Em entrevista ao portal de música NME, a estrela vegana também elogiou a ativista climática Greta Thunberg por “fazer o que deveria ser feito” – dizendo que se sentia “honrada por ser comparada a ela”.

‘Nós não queremos morrer ainda’

“Felizmente, os adultos e os idosos começam a nos ouvir sobre as mudanças climáticas para que não tenhamos que morrer em decorrência do aquecimento global”, disse Eilish.

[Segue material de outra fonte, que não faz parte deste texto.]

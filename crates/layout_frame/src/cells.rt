// The grid in which points are placed.

/// A place in the grid.
#[derive(Clone, Copy)]
pub(crate) struct Cell {
    pub(crate) column: u32,
    pub(crate) row: u32,
}

impl Cell {
    pub(crate) fn new(column: u32, row: u32) -> Cell {
        Cell { column, row }
    }

    // Whether it is the cell where a point is placed.
    fn is(&self, placed: Option<Cell>) -> bool {
        match placed {
            Some(cell) => cell.column == self.column && cell.row == self.row,
            None => false,
        }
    }
}

/// The cells in the first column and row, and in the last column and row, that are in use.
#[derive(Clone, Copy)]
pub(crate) struct Edges {
    pub(crate) first: Cell,
    pub(crate) last: Cell,
}

impl Edges {
    /// The edges of an empty grid.
    pub(crate) const NONE: Edges = Edges {
        first: Cell { column: 0, row: 0 },
        last: Cell { column: 0, row: 0 },
    };
}

/// The cell of each of so many points, if it has been placed.
#[derive(Clone, Copy)]
pub(crate) struct Cells {
    items: [Option<Cell>; 512],
    points: u32,
}

impl Cells {
    /// A grid for this many points, with none placed.
    pub(crate) fn new(points: u32) -> Cells {
        Cells {
            items: [None; 512],
            points: points.min(512),
        }
    }

    /// The cell of a point, if it has been placed.
    pub(crate) fn at(&self, point: u32) -> Option<Cell> {
        match self.items.get(point as usize) {
            Some(placed) => *placed,
            None => None,
        }
    }

    /// Places a point.
    pub(crate) fn put(&mut self, point: u32, cell: Cell) {
        if let Some(slot) = self.items.get_mut(point as usize) {
            *slot = Some(cell);
        }
    }

    /// The point at a cell.
    pub(crate) fn point_at(&self, cell: Cell) -> Option<u32> {
        for point in 0..self.points {
            if cell.is(self.at(point)) {
                return Some(point);
            }
        }
        None
    }

    /// Whether there is no point at a cell.
    pub(crate) fn is_free(&self, cell: Cell) -> bool {
        self.point_at(cell).is_none()
    }

    /// The columns and rows in use, if a point has been placed.
    pub(crate) fn edges(&self) -> Option<Edges> {
        let mut edges: Option<Edges> = None;
        for point in 0..self.points {
            if let Some(cell) = self.at(point) {
                edges = Some(reached(edges, cell));
            }
        }
        edges
    }

    /// Moves all points from a column on to the right.
    pub(crate) fn widen(&mut self, from: u32, by: u32) {
        for point in 0..self.points {
            if let Some(cell) = self.at(point) {
                if from <= cell.column {
                    self.put(point, Cell::new(cell.column.saturating_add(by), cell.row));
                }
            }
        }
    }
}

// Edges that reach to a cell, too, or that are this cell, if there are none.
fn reached(edges: Option<Edges>, cell: Cell) -> Edges {
    match edges {
        Some(Edges { first, last }) => Edges {
            first: Cell::new(first.column.min(cell.column), first.row.min(cell.row)),
            last: Cell::new(last.column.max(cell.column), last.row.max(cell.row)),
        },
        None => Edges {
            first: cell,
            last: cell,
        },
    }
}
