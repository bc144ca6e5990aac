// Where trains head.
ghost use Rattle.std.specs.Prelude.{◌<◌};
ghost use Rattle.rail_model.specs.Table.{trains};

use crate::bows::difference;
use crate::captions::spot_at;
use crate::frame::View;
use svg_text::Spot;

// To the right.
const EAST: (i64, i64) = (1000, 0);

// From one spot to another.
fn between(from: Spot, to: Spot) -> (i64, i64) {
    let right = difference(to.x, from.x);
    let down = difference(to.y, from.y);
    let square = right
        .saturating_mul(right)
        .saturating_add(down.saturating_mul(down));
    let length = difference(square.unsigned_abs().isqrt(), 0);
    match (
        right.saturating_mul(1000).checked_div(length),
        down.saturating_mul(1000).checked_div(length),
    ) {
        (Some(right), Some(down)) => (right, down),
        _ => EAST,
    }
}

/// How far to the right and down a train heads from a spot, in thousandths: to its next point; at its last one on from the
/// point before.
pub fn direction_of(view: &View, train: u32, at: Spot) -> (i64, i64)
    requires { train < trains view.now.scene.now.table.now }
{
    let place = view.scene.place(train);
    match spot_at(view, train, place.saturating_add(1)) {
        Some(next) => between(at, next),
        None => match spot_at(view, train, place.saturating_sub(1)) {
            Some(before) => between(before, at),
            None => EAST,
        },
    }
}
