// How the areas of sections look.
ghost use Rattle.std.specs.Prelude.{◌≡◌};
ghost use Rattle.layout_frame.specs.Looks.{colour_of, stripes_of};

const COLOURS: [&str; 8] = [
    "#e8b923", "#5aa9e6", "#63b76c", "#d66ba0", "#8f7be0", "#b08a5b", "#35b0ab", "#8d99a6",
];

const PATTERNS: [&str; 4] = ["", "2 5", "9 6", "2 2 2 8"];

/// The colour of the area of a section: one of eight.
pub fn area_colour(section: u32) -> &'static str
    ensures { result.now ≡ colour_of section }
{
    COLOURS[section as usize % 8]
}

/// The stripes of the area of a section, as the lengths of stripes and gaps; no letters for a plain area. Sections that
/// follow one another have different ones, and so have those of one colour, up to the 32nd section.
pub fn area_stripes(section: u32) -> &'static str
    ensures { result.now ≡ stripes_of section }
{
    PATTERNS[(section % 4 + section / 8) as usize % 4]
}
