// Shapes that are added to others.
ghost use Rattle.std.specs.Prelude.{◌≡◌, ◌++◌, ◌∷◌, [], OnOk};
ghost use Rattle.svg_text.specs.Shapes.{label_of};
ghost use Rattle.layout_frame.specs.Spots.{painted};

use std::alloc::{AllocError, Global};
use svg_text::{Shape, Spot, label};

/// Adds a shape.
pub fn push_shape(shapes: &mut Vec<Shape>, shape: Shape) -> Result<(), AllocError>
    ensures { OnOk result (shapes.new.items ≡ shapes.old.items ++ shape ∷ []) }
{
    Ok(shapes.push(shape)?)
}

/// Adds a shape with a colour as its fill or its stroke.
pub fn push_painted(
    shapes: &mut Vec<Shape>,
    alloc: Global,
    mut shape: Shape,
    name: &str,
    colour: &str,
) -> Result<(), AllocError>
    ensures { OnOk result (shapes.new.items ≡ shapes.old.items ++ painted shape name.now colour.now ∷ []) }
{
    shape.set(alloc, name, colour)?;
    push_shape(shapes, shape)
}

/// Adds words.
pub fn push_label(
    shapes: &mut Vec<Shape>,
    alloc: Global,
    at: Spot,
    words: &str,
) -> Result<(), AllocError>
    ensures { OnOk result (shapes.new.items ≡ shapes.old.items ++ label_of at words.now ∷ []) }
{
    push_shape(shapes, label(alloc, at, words)?)
}
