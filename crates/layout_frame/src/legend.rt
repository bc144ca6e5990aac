// The legend below a picture: entries in columns, each with a mark in a colour, and words.
ghost use Rattle.std.specs.Prelude.{◌≡◌, ◌++◌, ◌∷◌, [], ◌<◌, ◌≤◌, IfOk, OnOk, length, string_bytes};
ghost use Rattle.rail_model.specs.Table.{trains};
ghost use Rattle.state_sentences.specs.Sections.{name_among};
ghost use Rattle.layout_frame.specs.Legend.{AddsLegend, Extends, entry_words, number_before, section_entries};
ghost use Rattle.layout_frame.specs.Spots.{words_of};

use crate::areas::{area_colour, area_stripes};
use crate::frame::{View, shifted, train_name};
use crate::looks::{Look, look_of};
use crate::shapes::{push_label, push_painted, push_shape};
use rail_model::{Table, limit_of, point_of, sections_of};
use state_core::Keeper;
use state_sentences::{Scene, push_section};
use std::alloc::{AllocError, Global};
use svg_text::{Shape, Spot, circle};

// Whether a train has left the layout.
fn has_left(scene: &Scene, train: u32) -> bool
    requires { train < trains scene.now.table.now }
{
    point_of(scene.table, train, scene.place(train)).is_none()
}

// How many entries there are of trains: of red ones that wait, and of those that have left the layout.
fn train_entries(scene: &Scene, looks: &[Look]) -> u64 {
    let mut entries: u64 = 0;
    for train in 0..scene.trains() {
        if look_of(looks, train).waits_for.is_some() || has_left(scene, train) {
            entries = entries.saturating_add(1);
        }
    }
    entries
}

// How many columns a legend has: fewer where sections have names, which are longer than numbers.
fn columns_of(sections: &[String]) -> u64
    ensures { 0 < result }
{
    if sections.is_empty() { 3 } else { 2 }
}

// How far down a row of entries is in a legend that begins so far from the top.
fn row_at(top: u64, row: u64) -> u64
    ensures { top ≤ result }
{
    row.saturating_mul(22).saturating_add(top)
}

/// Where the legend of a scene ends that begins so far from the top.
pub(crate) fn legend_end(scene: &Scene, names: &[String], looks: &[Look], top: u64) -> u64
    ensures { top ≤ result }
{
    let sections = u64::from(sections_of(scene.table));
    let entries = train_entries(scene, looks).saturating_add(sections);
    row_at(top, entries.div_ceil(columns_of(names)))
}

// The spot of the mark of the next entry of a legend, whose entries have two shapes each.
fn next_spot(shapes: &[Shape], view: &View) -> Spot {
    spot_of(view, shapes.len() as u64 / 2)
}

// The spot of the mark of an entry.
fn spot_of(view: &View, entry: u64) -> Spot {
    let columns = columns_of(view.sections);
    Spot {
        x: entry % columns * (765 / columns) + 28,
        y: row_at(view.frame.grid.foot, entry / columns),
    }
}

// Adds an entry to a legend: a mark at a spot, and words.
fn push_entry(
    shapes: &mut Vec<Shape>,
    view: &View,
    at: Spot,
    mark: Shape,
    words: &str,
) -> Result<(), AllocError>
    ensures { OnOk result (words_of shapes.new.items ≡ words_of shapes.old.items ++ mark.words ∷ words.now ∷ []) }
{
    push_shape(shapes, mark)?;
    push_label(shapes, view.alloc, shifted(at, 14, 4), words)
}

// The mark of a train.
fn dot(view: &View, at: Spot, train: u32) -> Result<Shape, AllocError>
    ensures { IfOk result (λ shape. shape.words ≡ []) }
{
    let mut shape = circle(view.alloc, at, 7)?;
    shape.set(view.alloc, "fill", look_of(view.looks, train).colour)?;
    Ok(shape)
}

// The mark of a section: a piece of its area.
fn swatch(view: &View, at: Spot, section: u32) -> Result<Shape, AllocError>
    ensures { IfOk result (λ shape. shape.words ≡ []) }
{
    let left = at.x.saturating_sub(10);
    let y = at.y;
    let way = format!(in view.alloc; "M{left},{y} h20")?;
    let mut shape = Shape::new(view.alloc, "path", "")?;
    shape.set(view.alloc, "d", way.as_str())?;
    shape.set(view.alloc, "stroke", area_colour(section))?;
    Ok(shape)
}

// Adds what a train waits for.
fn write_keeper(words: &mut String, view: &View, keeper: Keeper) -> Result<(), AllocError> {
    match keeper {
        Keeper::Train { train } => words.push_str(train_name(view.scene.names, train)),
        Keeper::Section { section } => push_section(words, view.sections, section),
        Keeper::Connection { other, reached } => {
            let other = train_name(view.scene.names, other);
            write!(words, "{other} to come to place {reached}")
        }
    }
}

// Adds the words of a train's entry: what it waits for, if it is red; or, where those are asked for that are gone, that it
// has left the layout. A train without an entry has no words.
fn write_entry(words: &mut String, view: &View, train: u32, gone: bool) -> Result<(), AllocError>
    requires { train < trains view.now.scene.now.table.now }
{
    let name = view.scene.train(train);
    match look_of(view.looks, train).waits_for {
        Some(keeper) if !gone => {
            write!(words, "{name} waits for ")?;
            write_keeper(words, view, keeper)
        }
        _ if gone && has_left(view.scene, train) => write!(words, "{name} has left the layout"),
        _ => Ok(()),
    }
}

// Adds a train's entry, if it has one.
fn push_train(
    shapes: &mut Vec<Shape>,
    view: &View,
    train: u32,
    gone: bool,
) -> Result<(), AllocError>
    requires { train < trains view.now.scene.now.table.now }
    ensures { OnOk result (Extends (words_of shapes.old.items) (words_of shapes.new.items)) }
{
    let mut words = String::new(view.alloc);
    write_entry(&mut words, view, train, gone)?;
    if words.is_empty() {
        return Ok(());
    }
    let at = next_spot(shapes, view);
    push_entry(shapes, view, at, dot(view, at, train)?, words.as_str())
}

// Adds the red trains that wait, or those that are gone.
fn push_trains(shapes: &mut Vec<Shape>, view: &View, gone: bool) -> Result<(), AllocError>
    ensures { OnOk result (Extends (words_of shapes.old.items) (words_of shapes.new.items)) }
{
    for train in 0..view.scene.trains() {
        push_train(shapes, view, train, gone)?;
    }
    Ok(())
}

// Adds the number of a section that has a name, as it stands in the picture.
fn push_number(words: &mut String, names: &[String], section: u32) -> Result<(), AllocError>
    ensures { OnOk result (string_bytes words.new ≡ string_bytes words.old ++ number_before section (name_among names.now section)) }
{
    match names.get(section as usize) {
        Some(name) if !name.is_empty() => write!(words, "{section}: "),
        _ => Ok(()),
    }
}

// The words of a section's entry: what it is called, and its limit.
fn entry_of(
    alloc: Global,
    names: &[String],
    table: &Table,
    section: u32,
) -> Result<String, AllocError>
    requires { section < length table.now.sections }
    ensures { IfOk result (λ words. string_bytes words ≡ entry_words names.now table.now section) }
{
    let mut words = String::new(alloc);
    push_number(&mut words, names, section)?;
    push_section(&mut words, names, section)?;
    let limit = limit_of(table, section);
    write!(words, ", limit {limit}")?;
    Ok(words)
}

// Adds a section with its limit.
fn push_area(shapes: &mut Vec<Shape>, view: &View, section: u32) -> Result<(), AllocError>
    requires { section < length view.now.scene.now.table.now.sections }
    ensures { OnOk result (words_of shapes.new.items
        ≡ words_of shapes.old.items ++ [] ∷ entry_words view.now.sections.now view.now.scene.now.table.now section ∷ []) }
{
    let words = entry_of(view.alloc, view.sections, view.scene.table, section)?;
    let at = next_spot(shapes, view);
    push_entry(shapes, view, at, swatch(view, at, section)?, words.as_str())
}

// Adds the sections.
fn push_areas(shapes: &mut Vec<Shape>, view: &View) -> Result<(), AllocError>
    ensures { OnOk result (words_of shapes.new.items
        ≡ words_of shapes.old.items ++ section_entries view.now.sections.now view.now.scene.now.table.now) }
{
    for section in 0..sections_of(view.scene.table) {
        push_area(shapes, view, section)?;
    }
    Ok(())
}

// Adds the stripes over the mark of a section, if it has some, in an entry.
fn push_stripes(
    shapes: &mut Vec<Shape>,
    view: &View,
    entry: u64,
    section: u32,
) -> Result<(), AllocError>
    ensures { OnOk result (Extends (words_of shapes.old.items) (words_of shapes.new.items)) }
{
    let pattern = area_stripes(section);
    if pattern.is_empty() {
        return Ok(());
    }
    let mark = swatch(view, spot_of(view, entry), section)?;
    push_painted(shapes, view.alloc, mark, "stroke-dasharray", pattern)
}

// Adds the stripes over the marks of the sections, of which the first is in this entry.
fn push_patterns(shapes: &mut Vec<Shape>, view: &View, first: u64) -> Result<(), AllocError>
    ensures { OnOk result (Extends (words_of shapes.old.items) (words_of shapes.new.items)) }
{
    let sections = sections_of(view.scene.table);
    for section in 0..sections {
        let entry = first.saturating_add(u64::from(section));
        push_stripes(shapes, view, entry, section)?;
    }
    Ok(())
}

// Adds the trains that have left the layout, and the stripes over the marks of the sections, of which the first is in this
// entry.
fn push_rest(shapes: &mut Vec<Shape>, view: &View, first: u64) -> Result<(), AllocError>
    ensures { OnOk result (Extends (words_of shapes.old.items) (words_of shapes.new.items)) }
{
    push_trains(shapes, view, true)?;
    push_patterns(shapes, view, first)
}

/// Adds the entries of a legend: the red trains that wait, the sections, and the trains that have left the layout.
pub fn push_legend(shapes: &mut Vec<Shape>, view: &View) -> Result<(), AllocError>
    ensures { OnOk result (AddsLegend view.now.sections.now view.now.scene.now.table.now (words_of shapes.old.items) (words_of shapes.new.items)) }
{
    push_trains(shapes, view, false)?;
    let first = shapes.len() as u64 / 2;
    push_areas(shapes, view)?;
    push_rest(shapes, view, first)
}
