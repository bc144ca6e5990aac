// The base line of a picture: the stretch of the longest route between the two of its points that are farthest apart.

use crate::cells::Cells;
use crate::placing::place_route;
use rail_model::{Layout, Link, Mission, are_linked, points_of};

/// Farther than any point.
const FAR: u32 = 100_000;

// How many links each point is away from one of them.
type Distances = [u32; 512];

// The number of different points of a route.
fn size_of(route: &[u32]) -> u32 {
    let mut size: u32 = 0;
    for point in 0..512 {
        if route.contains(&point) {
            size = size.saturating_add(1);
        }
    }
    size
}

// The route with the most points, the first of several.
fn longest(missions: &[Mission]) -> &[u32] {
    let mut best: &[u32] = &[];
    for mission in missions {
        if size_of(best) < size_of(mission.as_slice()) {
            best = mission.as_slice();
        }
    }
    best
}

fn distance_of(distances: &Distances, point: u32) -> u32 {
    distances.get(point as usize).copied().unwrap_or(FAR)
}

// Brings a point's distance down to that of a neighbour and one more; says whether it was farther.
fn bring_down(distances: &mut Distances, near: u32, far: u32) -> bool {
    let through = distance_of(distances, near).saturating_add(1);
    match distances.get_mut(far as usize) {
        Some(distance) if through < *distance => {
            *distance = through;
            true
        }
        _ => false,
    }
}

// Brings down the distances of both ends of a link, if they are points of a route; says whether one was farther.
fn bring_ends_down(distances: &mut Distances, route: &[u32], link: &Link) -> bool {
    let first = link.first();
    let second = link.second();
    if !route.contains(&first) || !route.contains(&second) {
        return false;
    }
    let forth = bring_down(distances, first, second);
    let back = bring_down(distances, second, first);
    forth || back
}

// Brings down the distances of the points of a route; says whether one was farther.
fn bring_all_down(distances: &mut Distances, layout: &Layout, route: &[u32]) -> bool {
    let mut farther = false;
    for link in layout.links() {
        farther = bring_ends_down(distances, route, link) || farther;
    }
    farther
}

// How many links each point of a route is away from one of them.
fn distances_from(layout: &Layout, route: &[u32], from: u32) -> Distances {
    let mut distances = [FAR; 512];
    if let Some(distance) = distances.get_mut(from as usize) {
        *distance = 0;
    }
    for _ in 0..points_of(layout) {
        if !bring_all_down(&mut distances, layout, route) {
            break;
        }
    }
    distances
}

// The point of a route that is farthest from one of its points.
fn farthest(layout: &Layout, route: &[u32], from: u32) -> u32 {
    let distances = distances_from(layout, route, from);
    let mut best = from;
    for point in route {
        let distance = distance_of(&distances, *point);
        if distance_of(&distances, best) < distance && distance < FAR {
            best = *point;
        }
    }
    best
}

// Whether a route's last point is its first or leads on to it.
fn is_round(layout: &Layout, route: &[u32]) -> bool {
    let first = route.first().copied().unwrap_or(0);
    let last = route.last().copied().unwrap_or(0);
    first == last || are_linked(layout, first, last)
}

// A way of this many points.
#[derive(Clone, Copy)]
struct Way {
    points: [u32; 256],
    count: usize,
}

impl Way {
    fn add(&mut self, route: &[u32]) {
        for point in route {
            if let Some(slot) = self.points.get_mut(self.count) {
                *slot = *point;
                self.count = self.count.saturating_add(1);
            }
        }
    }

    fn as_slice(&self) -> &[u32] {
        match self.points.get(..self.count) {
            Some(points) => points,
            None => &[],
        }
    }
}

// A route, twice if its last point leads on to its first.
fn rounds(layout: &Layout, route: &[u32]) -> Way {
    let mut rounds = Way {
        points: [0; 256],
        count: 0,
    };
    rounds.add(route);
    if is_round(layout, route) {
        rounds.add(route);
    }
    rounds
}

// The first stretch of a route from one of two points to the other.
fn stretch_of(route: &[u32], ends: [u32; 2]) -> &[u32] {
    let mut begin = route.len();
    for (number, point) in route.iter().enumerate() {
        if ends.contains(point) {
            match route.get(begin) {
                Some(first) if first != point => {
                    return route.get(begin..=number).unwrap_or(&[]);
                }
                _ => begin = number,
            }
        }
    }
    route.get(begin..).unwrap_or(&[])
}

/// Places the base line, and then all other points of the route that it is a stretch of.
pub(crate) fn place_spine(cells: &mut Cells, layout: &Layout, missions: &[Mission]) {
    let route = longest(missions);
    let first = farthest(layout, route, route.first().copied().unwrap_or(0));
    let second = farthest(layout, route, first);
    let rounds = rounds(layout, route);
    place_route(cells, stretch_of(rounds.as_slice(), [first, second]));
    place_route(cells, rounds.as_slice());
}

“Os idosos vão morrer e realmente parecem não se importar se nós jovens teremos um futuro, mas ainda não queremos morrer”.

“Há coisas que não posso mudar”

A artista de 17 anos também respondeu às pessoas que criticam seus esforços para ajudar o planeta enquanto viaja para sua turnê global.

“Cara, eu sempre vejo essas postagens do tipo `por que essa maldita artista está dizendo essa merda quando está levando aviões para inúmeros lugares?’. Você prefere que eu cale a boca e não diga nada e assim ninguém nunca fará nada?”, disse Eilish à NME.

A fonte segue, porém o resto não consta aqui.